You're sitting at your desk when your colleague drops a USB drive on your desk. "The marketing team needs a report from this data," she says, "but it's in some weird format." You plug it in and find files with extensions you've seen before but never worked with: .json and .xml. Your heart sinks a little—these aren't the familiar Excel files or CSV data you're used to.
If this scenario sounds familiar, you're not alone. JSON (JavaScript Object Notation) and XML (eXtensible Markup Language) are everywhere in modern data workflows. APIs return JSON responses, legacy systems export XML files, and web services communicate using both formats. The good news? Power Query's M language has powerful built-in functions that make working with these structured data formats surprisingly straightforward.
By the end of this lesson, you'll confidently transform complex nested JSON and XML data into clean, tabular datasets ready for analysis. You'll understand how these data formats work, why they're structured the way they are, and most importantly, how to extract exactly the information you need using M language functions.
What you'll learn:
This lesson assumes you have basic familiarity with Power Query and the M language. You should be comfortable creating simple queries and understand fundamental M concepts like records, lists, and tables. If you haven't worked with these concepts yet, consider reviewing introductory M language materials first.

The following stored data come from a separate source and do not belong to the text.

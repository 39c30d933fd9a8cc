//! What the optimiser prints, and which rules it refuses.

use super::texts::{
    ABOVE_127, ADD_ZERO, BELOW_ZERO, BOTH_MOVED, DIFFERENCES, DOT, FREE, LEAST, LEAST_MOVED, MOVED,
    NEGATED, NEGATED_MOVED, NO_DOT, OPCODES, PRODUCT, PRODUCT_ZERO, RULE, SIGNED_LEAST, SWAPPED,
    TWICE, TWICE_MOVED, WIDE, WRONG, ZERO_THEN_MOVED,
};
use super::{Case, PRINTED, REFUSED, Text, all_end};
use nir_ir::{Step, ValueId};

/// A step: the value, the rule, and the variant.
macro_rules! step {
    ($value:expr, $rule:expr, $variant:expr) => {
        Step::Rule {
            value: ValueId($value),
            rule: $rule,
            variant: $variant,
        }
    };
}

pub(super) use step;

/// A sum with 0 under the rule that moves it.
pub(super) const REWRITTEN: Case<'static> = Case {
    rules: Text::Whole(RULE),
    shader: Text::Whole(ADD_ZERO),
    out: MOVED,
    limit: 4097,
    journal: &[step!(2, 0, 0)],
    ..PRINTED
};

static PLAIN: [Case; 5] = [
    PRINTED,
    Case {
        shader: Text::Whole(BELOW_ZERO),
        out: ABOVE_127,
        limit: 4097,
        ..PRINTED
    },
    Case {
        shader: Text::Whole(OPCODES),
        out: OPCODES,
        limit: 4105,
        ..PRINTED
    },
    Case {
        shader: Text::Whole(ADD_ZERO),
        out: ADD_ZERO,
        limit: 4097,
        ..PRINTED
    },
    Case {
        rules: Text::Whole(b" [ # no rules\n]"),
        shader: Text::Whole(FREE),
        out: ADD_ZERO,
        limit: 4097,
        ..PRINTED
    },
];

#[test]
fn shaders_without_a_match_are_printed(rt: HostRuntime) {
    all_end(&rt, rt.alloc(), &PLAIN);
}

static UNTOUCHED: [Case; 4] = [
    Case {
        shader: Text::Whole(SIGNED_LEAST),
        out: SIGNED_LEAST,
        limit: 4097,
        ..PRINTED
    },
    // a rule at 8 bits over a sum at 32
    Case {
        rules: Text::Whole(RULE),
        shader: Text::Whole(WIDE),
        out: WIDE,
        limit: 4097,
        ..PRINTED
    },
    Case {
        shader: Text::Whole(WIDE),
        out: WIDE,
        limit: 4097,
        ..PRINTED
    },
    // all components in order are no swizzle
    Case {
        shader: Text::Whole(DOT),
        out: NO_DOT,
        ..PRINTED
    },
];

#[test]
fn shaders_of_every_size_are_printed(rt: HostRuntime) {
    all_end(&rt, rt.alloc(), &UNTOUCHED);
}

static USED: [Case; 6] = [
    REWRITTEN,
    Case {
        shader: Text::Whole(SWAPPED),
        journal: &[step!(2, 0, 1)],
        ..REWRITTEN
    },
    Case {
        rules: Text::Whole(b"[((iadd, \"a@8\", 0,), a,), by * cases,]"),
        shader: Text::Whole(TWICE),
        out: TWICE_MOVED,
        limit: 4098,
        journal: &[step!(2, 0, 0), step!(3, 0, 1)],
        ..REWRITTEN
    },
    Case {
        rules: Text::Whole(b"[(('iadd(is_used_once)', 'a@8', 0), 'a'), by * cases]"),
        ..REWRITTEN
    },
    Case {
        rules: Text::Whole(RULE),
        shader: Text::Whole(MOVED),
        out: MOVED,
        ..PRINTED
    },
    Case {
        rules: Text::Whole(RULE),
        ..PRINTED
    },
];

#[test]
fn a_rule_is_used_until_it_matches_nowhere(rt: HostRuntime) {
    all_end(&rt, rt.alloc(), &USED);
}

static TWO_RULES: [Case; 2] = [
    Case {
        rules: Text::Whole(
            b"[(('isub', 'a@8', 'a'), 0), by * cases, (('isub', 'a@8', 0), 'a'), by * cases]",
        ),
        shader: Text::Whole(DIFFERENCES),
        out: ZERO_THEN_MOVED,
        limit: 4098,
        journal: &[step!(2, 0, 0), step!(3, 1, 0)],
        ..PRINTED
    },
    Case {
        rules: Text::Whole(
            b"[(('isub', 'a@8', 0), 'a'), by * cases, (('isub', 'a@8', 'a'), 0), by * cases]",
        ),
        shader: Text::Whole(DIFFERENCES),
        out: BOTH_MOVED,
        limit: 4098,
        journal: &[step!(2, 0, 0), step!(3, 0, 0)],
        ..PRINTED
    },
];

#[test]
fn the_earlier_rule_is_taken(rt: HostRuntime) {
    all_end(&rt, rt.alloc(), &TWO_RULES);
}

static DEEP: [Case; 3] = [
    Case {
        rules: Text::Whole(b"[(('ineg', ('inot', ('isub', 'a@8', 1))), 'a'), by * cases]"),
        shader: Text::Whole(NEGATED),
        out: NEGATED_MOVED,
        limit: 4099,
        journal: &[step!(4, 0, 0)],
        ..PRINTED
    },
    Case {
        rules: Text::Whole(b"[(('imul', ('iadd', 'a@8', 'a'), -128), 0), by * cases]"),
        shader: Text::Whole(PRODUCT),
        out: PRODUCT_ZERO,
        limit: 4098,
        journal: &[step!(3, 0, 0)],
        ..PRINTED
    },
    Case {
        rules: Text::Whole(b"[(('umin', 'a@8', 255), 'a'), by * cases]"),
        shader: Text::Whole(LEAST),
        out: LEAST_MOVED,
        limit: 4097,
        journal: &[step!(2, 0, 1)],
        ..PRINTED
    },
];

#[test]
fn deep_sides_and_numbers_at_their_ends_are_used(rt: HostRuntime) {
    all_end(&rt, rt.alloc(), &DEEP);
}

/// A rule of a file of many.
const RULE_AGAIN: &[u8] = b"(('iadd', 'a@8', 0), 'a'), by * cases,";

static MANY_RULES: [Case; 1] = [Case {
    rules: Text::Repeated {
        front: b"[",
        piece: RULE_AGAIN,
        times: 100,
        end: b"]",
    },
    ..REWRITTEN
}];

#[test]
fn a_file_has_many_rules(rt: HostRuntime) {
    all_end(&rt, rt.alloc(), &MANY_RULES);
}

pub(super) static DIFFER: [Case; 5] = [
    // a late difference
    Case {
        rules: Text::Whole(
            b"[(('umin', ('iand', 'a@8', 'b'), 254), ('iand', 'a', 'b')), by * cases]",
        ),
        number: 6,
        notes: b"rules: rule 0 typing 0: cases differ at 255, 255\n",
        ..REFUSED
    },
    Case {
        rules: Text::Whole(
            b"[(('iadd', 'a@8', 0), 'a'), by * cases, (('ior', 'a@8', 254), 254), by * cases]",
        ),
        shader: Text::Whole(ADD_ZERO),
        number: 6,
        notes: b"rules: rule 1 typing 0: cases differ at 1\n",
        ..REFUSED
    },
    Case {
        rules: Text::Whole(WRONG),
        shader: Text::Whole(ADD_ZERO),
        number: 6,
        notes: b"rules: rule 0 typing 0: cases differ at 0, 1\n",
        ..REFUSED
    },
    Case {
        rules: Text::Whole(WRONG),
        shader: Text::Whole(WIDE),
        number: 6,
        notes: b"rules: rule 0 typing 0: cases differ at 0, 1\n",
        ..REFUSED
    },
    Case {
        rules: Text::Whole(b"[(('iadd', 'a@8', 1), 'a'), by * cases]"),
        shader: Text::Whole(ADD_ZERO),
        number: 6,
        notes: b"rules: rule 0 typing 0: cases differ at 0\n",
        ..REFUSED
    },
];

#[test]
fn a_rule_whose_sides_differ_is_refused(rt: HostRuntime) {
    all_end(&rt, rt.alloc(), &DIFFER);
}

Before diving into the M functions, let's understand what we're working with. Both JSON and XML are ways to store structured, hierarchical data—but they approach it differently.
JSON looks like this:
{
"company": "TechCorp Solutions",
"employees": [
{
"id": 1001,
"name": "Sarah Chen",
"department": "Engineering",
"salary": 95000,
"skills": ["Python", "SQL", "Machine Learning"]
},
{
"id": 1002,
"name": "Marcus Rodriguez",
"department": "Marketing",
"salary": 72000,
"skills": ["Digital Marketing", "Analytics", "Content Strategy"]
}
],
"metadata": {
"last_updated": "2024-01-15",
"total_employees": 2
}
}
JSON uses a simple syntax: objects are wrapped in curly braces {}, arrays in square brackets [], and key-value pairs are separated by commas. It's lightweight and easy for both humans and computers to read.

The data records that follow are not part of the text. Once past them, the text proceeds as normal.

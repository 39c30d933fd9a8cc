//! Shaders and rules that more than one case is given.

pub(super) const EMPTY_BLOCK: &[u8] = br"shader
inputs []
outputs []
buffers 0
{
  block b0 {
  }
}
";

pub(super) const ADD_ZERO: &[u8] = br"shader
inputs [w8x1]
outputs [w8x1]
buffers 0
{
  block b0 {
    %0 = input w8x1 @0
    %1 = const w8x1 (0)
    %2 = iadd w8x1 %0, %1
    output @0, %2
  }
}
";

/// The same shader at 32 bits, with the operands the other way round.
pub(super) const WIDE: &[u8] = br"shader
inputs [w32x1]
outputs [w32x1]
buffers 0
{
  block b0 {
    %0 = input w32x1 @0
    %1 = const w32x1 (0)
    %2 = iadd w32x1 %1, %0
    output @0, %2
  }
}
";

/// A free layout of the shader at 8 bits, with a comment and names of its own.
pub(super) const FREE: &[u8] = br"shader inputs[w8x1]outputs [ w8x1 ] # kinds
 buffers 0 { block start { %a = input w8x1 @0 %zero = const w8x1 (0x0)
%sum = iadd w8x1 %a,%zero output @0,%sum } }";

pub(super) const DOT: &[u8] = br"shader
inputs [w8x1]
outputs [w8x1]
buffers 0
{
  block b0 {
    %0 = input w8x1 @0
    %1 = mov w8x1 %0.x
    output @0, %1
  }
}
";

pub(super) const NO_DOT: &[u8] = br"shader
inputs [w8x1]
outputs [w8x1]
buffers 0
{
  block b0 {
    %0 = input w8x1 @0
    %1 = mov w8x1 %0
    output @0, %1
  }
}
";

/// The shader at 8 bits with a move of the input in the place of its addition.
pub(super) const MOVED: &[u8] = br"shader
inputs [w8x1]
outputs [w8x1]
buffers 0
{
  block b0 {
    %0 = input w8x1 @0
    %1 = const w8x1 (0)
    %2 = mov w8x1 %0
    output @0, %2
  }
}
";

/// The shader at 8 bits with the operands the other way round.
pub(super) const SWAPPED: &[u8] = br"shader
inputs [w8x1]
outputs [w8x1]
buffers 0
{
  block b0 {
    %0 = input w8x1 @0
    %1 = const w8x1 (0)
    %2 = iadd w8x1 %1, %0
    output @0, %2
  }
}
";

/// A sum of a sum, of which each adds 0.
pub(super) const TWICE: &[u8] = br"shader
inputs [w8x1]
outputs [w8x1]
buffers 0
{
  block b0 {
    %0 = input w8x1 @0
    %1 = const w8x1 (0)
    %2 = iadd w8x1 %0, %1
    %3 = iadd w8x1 %1, %2
    output @0, %3
  }
}
";

pub(super) const TWICE_MOVED: &[u8] = br"shader
inputs [w8x1]
outputs [w8x1]
buffers 0
{
  block b0 {
    %0 = input w8x1 @0
    %1 = const w8x1 (0)
    %2 = mov w8x1 %0
    %3 = mov w8x1 %2
    output @0, %3
  }
}
";

/// A difference with itself, which is also one with 0, and a difference with 0 alone.
pub(super) const DIFFERENCES: &[u8] = br"shader
inputs [w8x1]
outputs [w8x1]
buffers 0
{
  block b0 {
    %0 = input w8x1 @0
    %1 = const w8x1 (0)
    %2 = isub w8x1 %1, %1
    %3 = isub w8x1 %0, %1
    output @0, %2
    output @0, %3
  }
}
";

pub(super) const ZERO_THEN_MOVED: &[u8] = br"shader
inputs [w8x1]
outputs [w8x1]
buffers 0
{
  block b0 {
    %0 = input w8x1 @0
    %1 = const w8x1 (0)
    %2 = const w8x1 (0)
    %3 = mov w8x1 %0
    output @0, %2
    output @0, %3
  }
}
";

pub(super) const BOTH_MOVED: &[u8] = br"shader
inputs [w8x1]
outputs [w8x1]
buffers 0
{
  block b0 {
    %0 = input w8x1 @0
    %1 = const w8x1 (0)
    %2 = mov w8x1 %1
    %3 = mov w8x1 %0
    output @0, %2
    output @0, %3
  }
}
";

/// The difference with 1, complemented and negated: what was there.
pub(super) const NEGATED: &[u8] = br"shader
inputs [w8x1]
outputs [w8x1]
buffers 0
{
  block b0 {
    %0 = input w8x1 @0
    %1 = const w8x1 (1)
    %2 = isub w8x1 %0, %1
    %3 = inot w8x1 %2
    %4 = ineg w8x1 %3
    output @0, %4
  }
}
";

pub(super) const NEGATED_MOVED: &[u8] = br"shader
inputs [w8x1]
outputs [w8x1]
buffers 0
{
  block b0 {
    %0 = input w8x1 @0
    %1 = const w8x1 (1)
    %2 = isub w8x1 %0, %1
    %3 = inot w8x1 %2
    %4 = mov w8x1 %0
    output @0, %4
  }
}
";

/// Twice the input, by 128.
pub(super) const PRODUCT: &[u8] = br"shader
inputs [w8x1]
outputs [w8x1]
buffers 0
{
  block b0 {
    %0 = input w8x1 @0
    %1 = const w8x1 (128)
    %2 = iadd w8x1 %0, %0
    %3 = imul w8x1 %2, %1
    output @0, %3
  }
}
";

pub(super) const PRODUCT_ZERO: &[u8] = br"shader
inputs [w8x1]
outputs [w8x1]
buffers 0
{
  block b0 {
    %0 = input w8x1 @0
    %1 = const w8x1 (128)
    %2 = iadd w8x1 %0, %0
    %3 = const w8x1 (0)
    output @0, %3
  }
}
";

/// The least of 255 and the input.
pub(super) const LEAST: &[u8] = br"shader
inputs [w8x1]
outputs [w8x1]
buffers 0
{
  block b0 {
    %0 = input w8x1 @0
    %1 = const w8x1 (255)
    %2 = umin w8x1 %1, %0
    output @0, %2
  }
}
";

pub(super) const LEAST_MOVED: &[u8] = br"shader
inputs [w8x1]
outputs [w8x1]
buffers 0
{
  block b0 {
    %0 = input w8x1 @0
    %1 = const w8x1 (255)
    %2 = mov w8x1 %0
    output @0, %2
  }
}
";

/// Each opcode that is built.
pub(super) const OPCODES: &[u8] = br"shader
inputs [w8x1]
outputs [w8x1]
buffers 0
{
  block b0 {
    %0 = input w8x1 @0
    %1 = iadd w8x1 %0, %0
    %2 = isub w8x1 %1, %0
    %3 = imul w8x1 %2, %0
    %4 = ineg w8x1 %3
    %5 = inot w8x1 %4
    %6 = iand w8x1 %5, %0
    %7 = ior w8x1 %6, %0
    %8 = ixor w8x1 %7, %0
    %9 = umin w8x1 %8, %0
    %10 = mov w8x1 %9
    output @0, %10
  }
}
";

/// A number below 0, which is printed as the word that it stands for.
pub(super) const BELOW_ZERO: &[u8] = br"shader
inputs [w8x1]
outputs [w8x1]
buffers 0
{
  block b0 {
    %0 = input w8x1 @0
    %1 = const w8x1 (-128)
    %2 = iadd w8x1 %0, %1
    output @0, %2
  }
}
";

pub(super) const ABOVE_127: &[u8] = br"shader
inputs [w8x1]
outputs [w8x1]
buffers 0
{
  block b0 {
    %0 = input w8x1 @0
    %1 = const w8x1 (128)
    %2 = iadd w8x1 %0, %1
    output @0, %2
  }
}
";

/// An opcode that is not.
pub(super) const SIGNED_LEAST: &[u8] = br"shader
inputs [w8x1]
outputs [w8x1]
buffers 0
{
  block b0 {
    %0 = input w8x1 @0
    %1 = imin w8x1 %0, %0
    output @0, %1
  }
}
";

/// A value of one list of an if, used behind it.
pub(super) const LEAK: &[u8] = br"shader
inputs [w32x1]
outputs [w32x1]
buffers 0
{
  block b0 {
    %0 = input w32x1 @0
    %1 = const w1x1 (1)
  }
  if %1 {
    block b1 {
      %2 = ineg w32x1 %0
    }
  } else {
    block b2 {
    }
  }
  block b3 {
    output @0, %2
  }
}
";

/// What is added to 0 is what is there.
pub(super) const RULE: &[u8] = b"[(('iadd', 'a@8', 0), 'a'), by * cases]";

/// A difference is not what it is taken from.
pub(super) const WRONG: &[u8] = b"[(('isub', 'a@8', 'b'), 'a'), by * cases]";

The same data in XML looks like this:
<company name="TechCorp Solutions">
<employees>
<employee id="1001">
<name>Sarah Chen</name>
<department>Engineering</department>
<salary>95000</salary>
<skills>
<skill>Python</skill>
<skill>SQL</skill>
<skill>Machine Learning</skill>
</skills>
</employee>
<employee id="1002">
<name>Marcus Rodriguez</name>
<department>Marketing</department>
<salary>72000</salary>
<skills>
<skill>Digital Marketing</skill>
<skill>Analytics</skill>
<skill>Content Strategy</skill>
</skills>
</employee>
</employees>
<metadata>
<last_updated>2024-01-15</last_updated>
<total_employees>2</total_employees>
</metadata>
</company>
XML is more verbose, using opening and closing tags like HTML. It can store data both in tag content and in attributes (like id="1001"), making it more flexible but also more complex to parse.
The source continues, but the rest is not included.